--- Data in this exercise Enclosed Below ---
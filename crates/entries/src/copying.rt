ghost use Rattle.std.specs.Prelude.{◌≡◌, IfOk};

use crate::setup::{Player, Setup};
use conn::{List, Text};
use std::alloc::{AllocError, Global};

impl Setup {
    /// An equal setup. Its cost is that of the names.
    pub fn copy(&self, alloc: Global) -> Result<Setup, AllocError>
        ensures { IfOk result (λ copied. copied ≡ self.now) }
    {
        Ok(Setup {
            control: self.control,
            starts: self.starts,
            ends: self.ends,
            wave_ms: self.wave_ms,
            leaders: self.leaders,
            rule: self.rule,
            teams: copy_names(alloc, self.teams.items())?,
            players: copy_players(alloc, self.players.items())?,
        })
    }
}

fn copy_names(alloc: Global, names: &[Text]) -> Result<List<Text>, AllocError>
    ensures { IfOk result (λ copied. copied ≡ names.now) }
{
    let mut copied = Vec::with_capacity(alloc, names.len())?;
    for name in names {
        copied.push(name.copy(alloc)?)?;
    }
    Ok(List::of(copied))
}

fn copy_players(alloc: Global, players: &[Player]) -> Result<List<Player>, AllocError>
    ensures { IfOk result (λ copied. copied ≡ players.now) }
{
    let mut copied = Vec::with_capacity(alloc, players.len())?;
    for player in players {
        copied.push(copy_player(alloc, player)?)?;
    }
    Ok(List::of(copied))
}

fn copy_player(alloc: Global, player: &Player) -> Result<Player, AllocError>
    ensures { IfOk result (λ copied. copied ≡ player.now) }
{
    Ok(Player {
        name: player.name.copy(alloc)?,
        rating: player.rating,
        team: player.team,
    })
}
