//! The plain values of an arena: its setup, the entries of its journal, and what a player may do in a game. The layers
//! above rely on the ranges that `specs/Ranges.antt` gives, on the limits of `specs/Limits.antt` and on the names of
//! `specs/Names.antt`.
#![tactic(auto)]

mod action;
mod copying;
mod journal;
mod limits;
mod name;
mod setup;
#[cfg(test)]
mod tests;

pub use action::Action;
pub use journal::{Entry, Journal, Start, What};
pub use limits::{MAX_ENTRIES, MAX_GAMES, MAX_STAMP};
pub use name::is_name;
pub use setup::{Control, Player, Setup};
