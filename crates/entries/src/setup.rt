use conn::{List, Text};

/// The time control of every game of an arena.
#[derive(Debug, Clone, Copy, PartialEq, Eq)]
pub struct Control {
    /// What each side starts with, in milliseconds: 0 to 10,800,000, whole seconds. Where it is 0, each side starts with
    /// `inc_ms`.
    pub initial_ms: u64,
    /// What each move adds from a side's second on, in milliseconds: 0 to 180,000, whole seconds. Not 0 where `initial_ms`
    /// is.
    pub inc_ms: u64,
    /// How long a side has for its first move, in milliseconds: 1,000 to 300,000.
    pub first_ms: u64,
}

/// A player of an arena.
#[derive(Debug, Drop)]
pub struct Player {
    /// 1 to 20 bytes, each a letter, a digit, `_` or `-`. No other player has it.
    pub name: Text,
    /// 400 to 4,000 rating points.
    pub rating: u32,
    /// The place of the player's team among the teams, from 0.
    pub team: Option<u32>,
}

/// What is settled before an arena starts. No call changes it.
#[derive(Debug, Drop)]
pub struct Setup {
    pub control: Control,
    /// The first millisecond at which a wave may start games.
    pub starts: u64,
    /// The millisecond from which no player enters or leaves, no wave starts games and no game that ends counts: above
    /// `starts`, at most 900,000,000.
    pub ends: u64,
    /// How many milliseconds after a wave the next one is due: 100 to 600,000.
    pub wave_ms: u64,
    /// How many players of a team count for it: 1 to 20.
    pub leaders: u32,
    /// By which of the two pairing rules a wave is planned: 1 or 2.
    pub rule: u32,
    /// Up to 100 names of teams, no two the same.
    pub teams: List<Text>,
    /// 1 to 1,000 players. A player's number is his place here, from 0.
    pub players: List<Player>,
}
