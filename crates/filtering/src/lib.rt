// Module 3, `filter_deps`: which indices a layout in a part holds, and the entries of a table that it holds.
#![tactic(auto)]

ghost use Rattle.std.specs.Prelude.{◌≡◌};
ghost use Rattle.rules.specs.RowsInOrder.{among};
ghost use Rattle.rules.specs.Layout.{kind_of};
ghost use Rattle.rules.specs.Dependencies.{on_diagonal, held, index_of};
ghost use Rattle.tables.specs.Rows.{row_at};
ghost use Rattle.tables.specs.Tables.{Taken};
ghost use Rattle.parts.specs.Parts.{kind_at, dense_at, rank_at};
ghost use Rattle.filtering.specs.Filtering.{filter_at, HeldAsked, DiagonalAsked, taken_if, EntryAsked, KeepAsked, Kept};

use rules::Kind;
use std::cmp::Ordering;

// Whether the index at p is a row of the layout at a place: where axes are dense, no row is as long as an index.
fn is_row(s: &[i32], at: usize, p: usize) -> bool
    requires { HeldAsked at p s.now }
    ensures { result ≡ among (row_at p (rank_at at s.now) s.now) (filter_at at s.now).rows }
{
    if 0 < cells::get(s, at + parts::DENSE) {
        return false;
    }
    let n = cells::get(s, at + parts::ROWS);
    let rank = cells::get(s, at + parts::RANK);
    match tables::search(s, at + parts::FIRST_ROW, n, rank, s, p) {
        Ok(_) => true,
        Err(_) => false,
    }
}

// Whether the index at p is (i,..,i), with i below the first extent of the layout at a place.
fn on_diagonal(s: &[i32], at: usize, p: usize) -> bool
    requires { DiagonalAsked at p s.now }
    ensures { result ≡ on_diagonal (filter_at at s.now) (row_at p (rank_at at s.now) s.now) }
{
    let rank = cells::get(s, at + parts::RANK);
    records::alike(s, p, rank) && cells::get(s, p) < cells::get(s, at + parts::EXTENTS)
}

// Whether the layout at a place holds the index at p.
pub fn is_held(s: &[i32], at: usize, p: usize) -> bool
    requires { HeldAsked at p s.now }
    ensures { result ≡ held (filter_at at s.now) (row_at p (rank_at at s.now) s.now) }
{
    match records::kind_at(s, at) {
        Kind::Dense => axes::row_below(
            s,
            p,
            s,
            at + parts::EXTENTS,
            cells::get(s, at + parts::RANK),
        ),
        Kind::Diagonal => on_diagonal(s, at, p),
        Kind::Sparse => is_row(s, at, p),
    }
}

// The entry at p is put into a table of entries of width w, if the layout at a place holds its index; false where it would be the 129th.
fn put_held(s: &mut [i32], at: usize, p: usize, to: usize, w: usize) -> bool
    requires { EntryAsked at p to w s.old }
    ensures { Taken to w (taken_if (held (filter_at at s.old) (index_of (row_at p w s.old))) (row_at p w s.old)) s.old s.new result }
{
    if is_held(s, at, p) {
        return tables::put_own(s, to, w, p);
    }
    true
}

// The entries of a table whose index the layout at a place holds become another table, one after the other.
fn keep_each(s: &mut [i32], at: usize, from: usize, to: usize)
    requires { KeepAsked at from to s.old }
    ensures { Kept at from to s.old s.new }
{
    let w = cells::get(s, at + parts::RANK) + 1;
    let n = cells::get(s, from);
    cells::store(s, to, 0);
    for i in 0..n {
        put_held(s, at, from + 1 + i * w, to, w);
    }
}

// The same of a sparse layout without dense axes, in one walk over the entries and its rows, which both increase.
fn keep_listed(s: &mut [i32], at: usize, from: usize, to: usize)
    requires keep_asked { KeepAsked at from to s.old }
    requires s_value { (kind_of (kind_at at s.old) ≡ Kind.Sparse) × (dense_at at s.old ≡ 0) }
    ensures { Kept at from to s.old s.new }
{
    let rank = cells::get(s, at + parts::RANK);
    let w = rank + 1;
    let mut n = cells::get(s, from);
    let mut m = cells::get(s, at + parts::ROWS);
    let mut p = from + 1;
    let mut q = at + parts::FIRST_ROW;
    let mut k = 0;
    // A turn moves on in the entries, in the rows or in both, so a `for` over either does not walk them.
    while 0 < n && 0 < m {
        match tables::cmp_rows(s, p, s, q, rank) {
            Ordering::Less => {
                p += w;
                n -= 1;
            }
            Ordering::Equal => {
                cells::move_row(s, p, to + 1 + k * w, w);
                p += w;
                n -= 1;
                k += 1;
            }
            Ordering::Greater => {
                q += rank;
                m -= 1;
            }
        }
    }
    cells::store(s, to, k);
}

// The entries of a table whose index the layout at a place holds become another table.
pub fn keep_held(s: &mut [i32], at: usize, from: usize, to: usize)
    requires { KeepAsked at from to s.old }
    ensures { Kept at from to s.old s.new }
{
    if matches!(records::kind_at(s, at), Kind::Sparse) && cells::get(s, at + parts::DENSE) == 0 {
        keep_listed(s, at, from, to);
    } else {
        keep_each(s, at, from, to);
    }
}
--- End of Enclosed Data in this exercise ---
Activity → Please copy out every line in the listing that has the string "EntryAsked".

Result →
ghost use Rattle.filtering.specs.Filtering.{filter_at, HeldAsked, DiagonalAsked, taken_if, EntryAsked, KeepAsked, Kept};
    requires { EntryAsked at p to w s.old }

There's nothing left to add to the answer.